BRIEF
How many lines in these entries contain the string "strip"? Reply with the number alone.

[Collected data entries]
Segment Open

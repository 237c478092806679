//! What the table holds of a request. Ranks are ranks of the cluster, and every range was found right when the request
//! was made.

ghost use Rattle.std.specs.Prelude.{◌≡◌, ◌↔◌, IsTrue};
ghost use Rattle.mp_request.specs.Entries as entry;
ghost use Rattle.mp_request.specs.Awaited as awaited;

/// What a request moves, with the arguments of the call that made it.
#[derive(Clone, Copy, PartialEq, Eq, Drop)]
pub enum Transfer {
    /// A send to the null process, which moves nothing (MPI 4.1, chapter 3.11).
    SendToNull,
    /// A receive from the null process, which moves nothing. Its status has the source -2.
    ReceiveFromNull,
    /// A standard send, or a synchronous one. An ordinary one's bytes were copied by its call, a persistent one's are
    /// read each time that it is started.
    Send {
        sync: bool,
        /// The address of the first byte, and the number of bytes, from 0 to 4,096.
        buffer: u64,
        count: u16,
        dest: u8,
        tag: u16,
        comm: u8,
    },
    /// A receive, of any source or any tag where that is None.
    Receive {
        /// The address of the buffer, and the most bytes that it takes, from 0 to 4,096.
        buffer: u64,
        capacity: u16,
        source: Option<u8>,
        tag: Option<u16>,
        comm: u8,
    },
    /// A receive of a message that a matched probe claimed (MPI 4.1, chapter 3.8.3).
    ReceiveClaimed {
        buffer: u64,
        capacity: u16,
    },
    /// The sender's side of a partitioned transfer.
    SendPartitions(Partitions),
    /// The receiver's side of a partitioned transfer.
    ReceivePartitions(Partitions),
}

/// One side of a partitioned transfer (MPI 4.1, chapter 4.2).
#[derive(Clone, Copy, PartialEq, Eq, Drop)]
pub struct Partitions {
    /// The number of the link that the hub reserved.
    pub link: u8,
    /// The address of partition 0. Partition i stands i times the size behind it.
    pub buffer: u64,
    /// How many partitions there are, from 1 to 16.
    pub parts: u8,
    /// The bytes of one partition.
    pub size: u8,
    /// The rank of the other side.
    pub peer: u8,
    pub tag: u16,
    pub comm: u8,
}

/// How far an active request is.
#[derive(Clone, Copy, Drop)]
pub enum Progress {
    /// Nothing is awaited: a synchronous send that is known to be received, or a transfer with the null process.
    Finished,
    /// Nothing is awaited of a standard send, for its bytes were copied (MPI 4.1, chapter 3.4). This is its post, of which
    /// the hub is never asked.
    Sent(u64),
    /// The hub is to be asked of this post.
    OnPost(u64),
    /// The partitions of one phase are to be moved.
    InPhase,
}

/// How long a request lasts, and how far it is.
#[derive(Clone, Copy, Drop)]
pub enum State {
    /// It is active from the call that opened it, and gone when it completes (MPI 4.1, chapter 3.7.3).
    Ordinary(Progress),
    /// A persistent request that isn't started: as it was made, or completed since (MPI 4.1, chapter 3.9).
    Inactive,
    /// A persistent request that is started.
    Active(Progress),
}

/// One open request.
#[derive(Clone, Copy, Drop)]
pub struct OpenRequest {
    pub transfer: Transfer,
    pub state: State,
}

impl Transfer {
    /// Whether it moves partitions.
    pub fn is_partitioned(self) -> bool
        ensures { result ≡ entry.is_partitioned self }
    {
        matches!(
            self,
            Transfer::SendPartitions(_) | Transfer::ReceivePartitions(_)
        )
    }
}

/// Whether both move the same, with the same arguments of the calls that made them.
pub fn is_same_transfer(a: &Transfer, b: &Transfer) -> bool
    ensures { IsTrue result ↔ (a.now ≡ b.now) }
{
    a == b
}

impl State {
    /// Whether the request outlives its completion (MPI 4.1, chapter 3.9).
    pub fn is_persistent(self) -> bool
        ensures { result ≡ entry.is_persistent self }
    {
        !matches!(self, State::Ordinary(_))
    }

    /// Whether the request is active, as an ordinary one always is.
    pub fn is_active(self) -> bool
        ensures { result ≡ entry.is_active self }
    {
        !matches!(self, State::Inactive)
    }

    /// Whether the request may complete without awaiting anything. An inactive one counts as complete.
    pub fn is_done(self) -> bool
        ensures { result ≡ awaited.is_done self }
    {
        matches!(
            self,
            State::Inactive
                | State::Ordinary(Progress::Finished | Progress::Sent(_))
                | State::Active(Progress::Finished | Progress::Sent(_))
        )
    }
}

impl OpenRequest {
    /// What completion leaves of the request: nothing of an ordinary one, an inactive one of a persistent one.
    pub fn remainder(self) -> Option<OpenRequest>
        ensures { result ≡ entry.remainder self }
    {
        match self.state {
            State::Ordinary(_) => None,
            State::Inactive | State::Active(_) => Some(OpenRequest {
                state: State::Inactive,
                ..self
            }),
        }
    }
}
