//! Where on the page things stand: across in hundredths of a per cent of its width, down in pixels.

use rvmc_draw::{Arrow, Drawing};
use std::alloc::{AllocError, Global};

/// Where the first row may stand, and how far below the last mark the lanes end.
pub(crate) const TOP: u64 = 46;

const FOOT: u64 = 34;

/// How far apart any two marks are, those of one hart, and the two ends of an arrow.
const ROW: u64 = 7;

const LANE_ROW: u64 = 17;

const SLOPE: u64 = 13;

/// The least number of steps without a mark that is told, and how much room that takes.
const LONG: u64 = 40;

const LONG_ROW: u64 = 26;

/// How far apart the names of the ranks are written once more, and how high the strip is that no mark stands in.
pub(crate) const NAMES_APART: u64 = 640;

pub(crate) const NAMES_ROW: u64 = 30;

/// The left margin in pixels, and where the part of the page ends that the ranks share.
const LEFT: u64 = 70;

const RIGHT: u64 = 9800;

/// How many pixels a rank has, a hart has at least, and the page has at least and at most; and those at its margins.
const RANK_PIXELS: u64 = 220;

const HART_PIXELS: u64 = 80;

const MARGINS: u64 = 120;

const LEAST: u64 = 480;

const PAGE: u64 = 1200;

/// Where an arrow begins and ends.
#[derive(Clone, Copy, Drop)]
pub(crate) struct Line {
    pub from: u64,
    pub from_row: u64,
    pub to: u64,
    pub to_row: u64,
}

/// A drawing as it is laid out.
#[derive(Drop)]
pub(crate) struct Layout<'a> {
    pub drawing: &'a Drawing,
    /// How many pixels wide the page is.
    pub wide: u64,
    /// Where the part of the page begins that the ranks share.
    left: u64,
    /// How wide a rank's share is.
    pub share: u64,
    /// How many steps of a hart without a mark are told.
    pub long: u64,
    /// The class of the word in a rank's name: a narrow page has no room for many.
    pub word: &'static str,
    /// The row of each mark, each below that of the one before.
    pub rows: Vec<u64>,
    /// The row where the lanes end.
    pub foot: u64,
}

impl<'a> Layout<'a> {
    /// Lays a drawing out.
    pub(crate) fn new(alloc: Global, drawing: &'a Drawing) -> Result<Layout<'a>, AllocError> {
        let ranks = u64::from(drawing.ranks);
        let harts = u64::from(drawing.harts);
        let pixels = harts.saturating_mul(HART_PIXELS).max(RANK_PIXELS);
        let wide = pixels.saturating_mul(ranks).saturating_add(MARGINS);
        let wide = wide.max(LEAST).min(PAGE);
        let left = LEFT.saturating_mul(10_000) / wide.max(1);
        let steps = drawing.to.saturating_sub(drawing.from);
        let lanes = ranks.saturating_mul(harts);
        let mut layout = Layout {
            drawing,
            wide,
            left,
            share: RIGHT.saturating_sub(left) / ranks.max(1),
            long: LONG.max(steps / lanes.saturating_mul(50).max(1)),
            word: if ranks > 5 { "wide" } else { "" },
            rows: Vec::new(alloc),
            foot: TOP,
        };
        layout.place_marks(alloc)?;
        Ok(layout)
    }

    /// The middle of a rank's share.
    pub(crate) fn rank_at(&self, rank: u8) -> u64 {
        self.share
            .saturating_mul(u64::from(rank))
            .saturating_add(self.share / 2)
            .saturating_add(self.left)
    }

    /// Where a hart's lane stands.
    pub(crate) fn lane_at(&self, rank: u8, hart: u8) -> u64 {
        let harts = u64::from(self.drawing.harts);
        let between = self.share / harts.saturating_add(1);
        let half = between.saturating_mul(harts.saturating_sub(1)) / 2;
        self.rank_at(rank)
            .saturating_add(between.saturating_mul(u64::from(hart)))
            .saturating_sub(half)
    }

    /// The row of the mark at a place, if there is one.
    pub(crate) fn row_at(&self, place: u64) -> Option<u64> {
        let marks = self.drawing.marks.as_slice();
        for number in 0..marks.len() {
            if marks[number].spot.place == place {
                return self.rows.as_slice().get(number).copied();
            }
        }
        None
    }

    /// Where an arrow begins and ends. Where one of its steps isn't shown it goes to the picture's border, and where nobody
    /// got it a part of the way.
    pub(crate) fn line_of(&self, arrow: &Arrow) -> Line {
        let from = self.lane_at(arrow.from.rank, arrow.from.hart);
        let from_row = self.row_at(arrow.from.place).unwrap_or(TOP);
        let (to, to_row) = match arrow.to {
            Some(to) => (
                self.lane_at(to.rank, to.hart),
                self.row_at(to.place).unwrap_or(self.foot),
            ),
            None => (
                part_way(from, self.rank_at(arrow.dest), 25),
                from_row.saturating_add(12),
            ),
        };
        Line {
            from,
            from_row,
            to,
            to_row,
        }
    }

    /// The first row at this one or below it that the arrows to the mark at a place leave it, and the names.
    fn lowered(&self, place: u64, row: u64) -> u64 {
        let mut row = row;
        for arrow in self.drawing.arrows.as_slice() {
            if let Some(to) = arrow.to {
                if to.place == place {
                    if let Some(from) = self.row_at(arrow.from.place) {
                        row = row.max(from.saturating_add(SLOPE));
                    }
                }
            }
        }
        let strip = row.saturating_sub(row % NAMES_APART);
        if strip == 0 {
            return row;
        }
        row.max(strip.saturating_add(NAMES_ROW))
    }

    /// Gives each mark a row.
    fn place_marks(&mut self, alloc: Global) -> Result<(), AllocError> {
        let drawing = self.drawing;
        let harts = usize::from(drawing.harts);
        let lanes = usize::from(drawing.ranks).saturating_mul(harts);
        // where each lane was last used
        let mut used = Vec::from_elem(alloc, TOP, lanes)?;
        let mut row = TOP;
        for mark in drawing.marks.as_slice() {
            let lane = usize::from(mark.spot.rank)
                .saturating_mul(harts)
                .saturating_add(usize::from(mark.spot.hart));
            let last = used.get(lane).copied().unwrap_or(TOP);
            let apart = if mark.quiet >= self.long && last > TOP {
                LONG_ROW
            } else {
                LANE_ROW
            };
            let least = row.saturating_add(ROW).max(last.saturating_add(apart));
            row = self.lowered(mark.spot.place, least);
            self.rows.push(row)?;
            if let Some(last) = used.get_mut(lane) {
                *last = row;
            }
        }
        self.foot = row.saturating_add(FOOT);
        Ok(())
    }
}

/// A part of the way from one to the other, in hundredths.
pub(crate) fn part_way(from: u64, to: u64, hundredths: u64) -> u64 {
    if to >= from {
        from.saturating_add(to.saturating_sub(from).saturating_mul(hundredths) / 100)
    } else {
        from.saturating_sub(from.saturating_sub(to).saturating_mul(hundredths) / 100)
    }
}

Segment Closed

WRITTEN RESPONSE
4